- **WHAT THIS TASK INVOLVES**
Where in the listing does the word "ensures" appear? Report each line that holds it.

####################

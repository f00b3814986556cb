// What filing, grades and the vote share: room in the lists; whether anything can be filed, is filed already, and filing it.
// Logs stand from `base` on, 64 places for each sender.
ghost use Rattle.std.specs.Prelude.{not, ◌||◌, ◌≡◌, ◌+◌, ◌<◌, leb, ltb};
ghost use Rattle.message.specs.Logs.{same_log, names_of, counts_of};
ghost use Rattle.message.specs.Message.{log_in};
ghost use Rattle.message.specs.Numbers.{put};
ghost use Rattle.message.specs.Store.{holds_log, log_at};
ghost use Rattle.agreement.specs.Limits.{most_senders, span, place_of};
ghost use Rattle.agreement.specs.Filing.{Fit};

use super::{MOST_SENDERS, SPAN};
use message::MOST_BLOCKS;

// Where sender i's log stands.
pub(crate) fn place_of(base: u32, i: usize) -> usize
    requires { i < most_senders }
    ensures { result ≡ place_of base i }
{
    base as usize + MOST_BLOCKS * i
}

// The lists, of which the lengths are given, have no room for a log of each sender.
pub(crate) fn lacks_room(names: usize, counts: usize, base: u32) -> bool
    ensures { result ≡ (ltb names (base + span) || ltb counts (base + span)) }
{
    let end = base as usize + SPAN;
    (names < end) | (counts < end)
}

// Nothing can be filed: no place for the sender, no room in the lists of these lengths, or no log in the bytes.
pub(crate) fn unfit(names: usize, counts: usize, base: u32, bytes: &[u8], sender: u8) -> bool
    ensures { result ≡ (leb most_senders sender ||
        ((ltb names (base + span) || ltb counts (base + span)) || not (holds_log bytes.now))) }
{
    (MOST_SENDERS <= sender as usize)
        | (lacks_room(names, counts, base) | !message::store::holds_log(bytes))
}

// The log in the bytes is the one filed of this sender, which has so many blocks.
pub(crate) fn is_filed(
    names: &[u64],
    counts: &[u16],
    base: u32,
    length: u8,
    bytes: &[u8],
    sender: u8,
) -> bool
    requires { Fit names.now counts.now base bytes.now sender }
    ensures { result ≡ same_log (log_in bytes.now)
        (log_at names.now counts.now (place_of base sender) length) }
{
    let at = place_of(base, sender as usize);
    message::store::matches(bytes, names, counts, at, length as usize)
}

// The log in the bytes, filed at this sender's place.
pub(crate) fn store_log(names: &mut [u64], counts: &mut [u16], base: u32, bytes: &[u8], sender: u8)
    requires { Fit names.old counts.old base bytes.now sender }
    ensures { (names.new ≡ put names.old (place_of base sender) (names_of (log_in bytes.now)))
        × (counts.new ≡ put counts.old (place_of base sender) (counts_of (log_in bytes.now))) }
{
    let at = place_of(base, sender as usize);
    message::store::file(names, counts, at, bytes);
}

####################

- **RESULT OF THIS TASK**
    ensures { result ≡ place_of base i }
    ensures { result ≡ (ltb names (base + span) || ltb counts (base + span)) }
    ensures { result ≡ (leb most_senders sender ||
    ensures { result ≡ same_log (log_in bytes.now)
    ensures { (names.new ≡ put names.old (place_of base sender) (names_of (log_in bytes.now)))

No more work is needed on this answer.